Alprazolam is an anti-anxiety medicine that is often known by its brand name Xanax. It was detected in 36 percent of the toxicology reports. Gabapentin, which is sells under the brand names Neurontin, Gralise and Horizant, and is often taken along with other illicit drugs to enhance their effects, was found in 31 percent. Methamphetamine, a stimulant that has long plagued Kentucky, was found in 29 percent, more than double last year's total.

"Autopsies and toxicology reports from coroners show that approximately 22 percent of overdose deaths involved the use of heroin in 2017, down from 34 percent in 2016," the report says.

County numbers

Estill County, with a population of 14,375, had 11 overdose deaths in 2017, giving it the state's highest rate of drug-overdose deaths, 7.7 per 10,000 residents, according to a table in the report.

Kenton and Campbell counties in Northern Kentucky had the next highest rates, 6.95 and 6.6 per 10,000. Then came Boyd, at 6.46, Mason, 5,82; Jessamine, 5.65; Montgomery, 5.37; Harrison, 5.32; Franklin, 4.95; Madison, 4.71; Jefferson, 4.56; Grayson, 4.17; Nelson, 4.16; Knox, 4.16; Greenup, 3.94; Fayette, 3.82; Harlan, 3.74; Floyd, 3.31; and Whitley, 3.31.

Other counties' rates were less than the state average of 3.3 per 10,000, or their rates were not published because they had fewer than five overdose deaths last year. The latter group included Leslie, Bell, Powell and Gallatin counties, which led last year's list with rates of 6.6 to 5.6 per 10,000.

The state's two most populous counties, Jefferson and Fayette, had the most overdose deaths in 2017, 426 and 123 respectively. The largest numerical increase in overdose fatalities occurred in Jefferson, which had 62 more than in 2016. Fayette went up by 49, Campbell by 26 and Kenton by 17. The largest decrease was in Madison County, which had nine fewer last year than in 2016.
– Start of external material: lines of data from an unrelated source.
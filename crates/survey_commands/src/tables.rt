//! Proof tables that a survey makes and writes.

ghost use Rattle.std.specs.Prelude.{◌≡◌, IfSome, None, Ok};
ghost use Rattle.proof_table.specs.declared.listing.ExploredInsn.{ExploredInsn};
ghost use Rattle.proof_table.specs.Writing.{IsForTable};
ghost use Rattle.surveys.specs.Tallies.{searched};
ghost use Rattle.survey_commands.specs.Tables.{HasTable, SaysTableSize};

use crate::failures::{SurveyError, large_line};
use bounds::Verified;
use exact_io::{PromptWriter, open_replaced, write_bytes};
use proof_table::{
    Explored, WriteTableError, explore_again, most_bytes, recheck, table_size, write_explored,
};
use std::alloc::{AllocError, Global};
use std::io::Write;
use std::path::Path;
use std::rt::Files;
use std::time::{Clock, Instant};
use survey_rows::Counts;
use surveys::microseconds_since;

/// A table of more bytes is written as it is made, and neither kept in memory nor tested.
const MOST_HELD: u64 = 64 << 20;

/// How many bytes of such a table are written at a time.
const BUFFER: usize = 64 * 1024;

/// Where the tables of accepted images go, and how many bytes one may have.
#[derive(Clone, Copy, Drop)]
pub struct TablesWanted<'a> {
    pub folder: &'a str,
    pub most: Option<u64>,
}

/// Makes the proof table of what was explored of a verified program since that instant, and tests
/// it, and adds its size and both times. They stay unknown for a table that is not made, or that is
/// refused.
pub fn tested_table<C: Clock>(
    clock: &C,
    alloc: Global,
    verified: Verified,
    explored: Explored,
    since: Option<Instant>,
    counts: &mut Counts,
) -> Option<Vec<u8>>
    requires { IsForTable verified.program explored }
    ensures bound { counts.new.bound ≡ counts.old.bound }
    ensures slot { counts.new.slot ≡ counts.old.slot }
    ensures table { IfSome result
        (λ table. HasTable verified.program table.items counts.new) }
    ensures none { result ≡ None → counts.new.table_bytes ≡ counts.old.table_bytes }
    ensures rest { searched counts.new ≡ searched counts.old }
{
    let mut table = Vec::new(alloc);
    if write_explored(alloc, &verified, &explored, &mut table).is_err() {
        return None;
    }
    let prove_microseconds = microseconds_since(clock, since);
    drop(explored);
    let since = Instant::now(clock).ok();
    if recheck(alloc, verified.into_image(), table.as_slice()).is_err() {
        return None;
    }
    counts.prove_microseconds = prove_microseconds;
    counts.recheck_microseconds = microseconds_since(clock, since);
    counts.table_bytes = Some(table.len() as u64);
    Some(table)
}

/// The path of an image's table in a folder: its name with another ending.
fn table_path(alloc: Global, folder: &str, image: &str) -> Result<String, AllocError> {
    let stem = Path::new(image).file_stem().unwrap_or(image);
    format!(in alloc; "{folder}/{stem}.table")
}

/// Writes an image's table to a file.
fn store_table<R: Files>(
    rt: &R,
    alloc: Global,
    path: &str,
    table: &[u8],
) -> Result<(), SurveyError> {
    let mut file = match open_replaced(rt, path, false) {
        Ok(file) => file,
        Err(error) => return Err(SurveyError::of_write(alloc, path, error.kind())),
    };
    match write_bytes(&mut file, table) {
        Ok(()) => Ok(()),
        Err(error) => Err(SurveyError::of_write(alloc, path, error.kind())),
    }
}

/// Writes a table of what was explored of a verified program through a buffer, as it is made.
fn write_through<W: Write + Drop>(
    alloc: Global,
    verified: &Verified,
    explored: &Explored,
    file: W,
) -> Result<(), WriteTableError>
    requires { IsForTable verified.now.program explored.now }
{
    let Ok(mut file) = PromptWriter::new(alloc, BUFFER, 0, file) else {
        return Err(WriteTableError::Memory);
    };
    write_explored(alloc, verified, explored, &mut file)?;
    match file.flush() {
        Ok(()) => Ok(()),
        Err(error) => Err(WriteTableError::Writer(error.kind())),
    }
}

/// Writes a table of what was explored of a verified program to a file, as it is made. False:
/// memory ran out, or there is no such table.
fn stream_table<R: Files>(
    rt: &R,
    alloc: Global,
    path: &str,
    verified: &Verified,
    explored: &Explored,
) -> Result<bool, SurveyError>
    requires { IsForTable verified.now.program explored.now }
{
    let file = match open_replaced(rt, path, false) {
        Ok(file) => file,
        Err(error) => return Err(SurveyError::of_write(alloc, path, error.kind())),
    };
    match write_through(alloc, verified, explored, file) {
        Ok(()) => Ok(true),
        Err(WriteTableError::Writer(kind)) => { Err(SurveyError::of_write(alloc, path, kind)) }
        Err(_) => Ok(false),
    }
}

/// Returns whether a table of so many bytes is larger than is wanted, and says so on standard
/// error.
fn is_too_large<W: Write>(
    alloc: Global,
    image: &str,
    size: u64,
    most: Option<u64>,
    err: &mut W,
) -> Result<bool, AllocError> {
    match most {
        Some(most) if size > most => {
            let line = large_line(alloc, image, size, most)?;
            let _ = write_bytes(err, line.as_bytes());
            Ok(true)
        }
        _ => Ok(false),
    }
}

/// What a table is made of, and since when, with the paths of its image and its file.
#[derive(Clone, Copy)]
struct TableParts<'a> {
    image: &'a str,
    path: &'a str,
    verified: &'a Verified,
    explored: &'a Explored,
    since: Option<Instant>,
}

/// Writes the table of an accepted program as it is made, if it has more bytes than are held at
/// once, and returns whether there is one. One that has more bytes than are wanted is not written:
/// standard error says so. None: it can be held, and is not written.
fn put_large_table<R: Files + Clock, W: Write>(
    rt: &R,
    alloc: Global,
    wanted: TablesWanted<'_>,
    parts: TableParts<'_>,
    counts: &mut Counts,
    err: &mut W,
) -> Result<Option<bool>, SurveyError>
    requires { IsForTable parts.verified.now.program parts.explored.now }
    ensures held { result ≡ Ok None → counts.new ≡ counts.old }
    ensures bound { counts.new.bound ≡ counts.old.bound }
    ensures slot { counts.new.slot ≡ counts.old.slot }
    ensures size { SaysTableSize parts.entry.verified.now.program counts.old counts.new }
    ensures rest { searched counts.new ≡ searched counts.old }
{
    if most_bytes(parts.explored) <= MOST_HELD.min(wanted.most.unwrap_or(u64::MAX)) {
        return Ok(None);
    }
    let Ok(size) = table_size(alloc, parts.verified, parts.explored) else {
        return Ok(Some(false));
    };
    let is_too_large = is_too_large(alloc, parts.image, size, wanted.most, err)?;
    if !is_too_large && size <= MOST_HELD {
        return Ok(None);
    }
    counts.table_bytes = Some(size);
    if is_too_large {
        return Ok(Some(true));
    }
    let is_written = stream_table(rt, alloc, parts.path, parts.verified, parts.explored)?;
    counts.prove_microseconds = microseconds_since(rt, parts.since);
    Ok(Some(is_written))
}

/// Makes the table of what was explored of a verified program, tests it and writes it to the file
/// at the path, and adds its size and the times to what was counted. False: memory ran out, or
/// there is no such table.
fn put_tested_table<R: Files + Clock>(
    rt: &R,
    alloc: Global,
    path: &str,
    verified: Verified,
    explored: Explored,
    since: Option<Instant>,
    counts: &mut Counts,
) -> Result<bool, SurveyError>
    requires { IsForTable verified.program explored }
    ensures bound { counts.new.bound ≡ counts.old.bound }
    ensures slot { counts.new.slot ≡ counts.old.slot }
    ensures size { SaysTableSize verified.program counts.old counts.new }
    ensures rest { searched counts.new ≡ searched counts.old }
{
    let Some(table) = tested_table(rt, alloc, verified, explored, since, counts) else {
        return Ok(false);
    };
    store_table(rt, alloc, path, table.as_slice())?;
    Ok(true)
}

/// Makes the table of an accepted program and writes it to a file, tested if it is not large, and
/// adds its size and the times to what was counted. One that has more bytes than are wanted is not
/// written: standard error says so, and only its size is added. False: memory ran out, or there is
/// no such table.
pub fn put_table<R: Files + Clock, W: Write>(
    rt: &R,
    alloc: Global,
    wanted: TablesWanted<'_>,
    image: &str,
    verified: Verified,
    counts: &mut Counts,
    err: &mut W,
) -> Result<bool, SurveyError>
    ensures bound { counts.new.bound ≡ counts.old.bound }
    ensures slot { counts.new.slot ≡ counts.old.slot }
    ensures size { SaysTableSize verified.program counts.old counts.new }
    ensures rest { searched counts.new ≡ searched counts.old }
{
    let since = Instant::now(rt).ok();
    let Ok(explored) = explore_again(alloc, &verified) else {
        return Ok(false);
    };
    let path = table_path(alloc, wanted.folder, image)?;
    let parts = TableParts {
        image,
        path: path.as_str(),
        verified: &verified,
        explored: &explored,
        since,
    };
    if let Some(is_there) = put_large_table(rt, alloc, wanted, parts, counts, err)? {
        return Ok(is_there);
    }
    put_tested_table(rt, alloc, path.as_str(), verified, explored, since, counts)
}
Like last year, most of the Kentucky deaths were among people between 35 and 44, followed by those 25-34, then 45-54.

Gov. Matt Bevin said the report “underscores just how much is at stake in the ongoing battle against the nation’s opioid epidemic. This is a fight we must win for the sake of our families, our communities, and the commonwealth as a whole. We will continue to leverage every available resource to close off the funnel of addiction and to help our fellow Kentuckians who are struggling against this scourge.”

Kentucky has launched a number of initiatives to battle the epidemic, including a public awareness campaign called "Don't Let Them Die" that offers information on substance use disorder, treatment and naloxone, a drug that can reverse an overdose.

Kentucky State Police have launched the Angel Initiative, which allows those seeking treatment to visit a KSP post, where they would be directed to treatment.

The General Assembly has passed several laws in recent years, including a crackdown on pain clinics, limiting opioid prescriptions for acute pain to a three-day supply (with exemptions), tougher penalties for heroin dealers, more funding for drug treatment, and paying for increased access to naloxone. The attorney general's office has sued pharmaceutical companies.

Data for the report was compiled from the Kentucky Medical Examiner’s Office, the Kentucky Injury Prevention & Research Center and the state Office of Vital Statistics.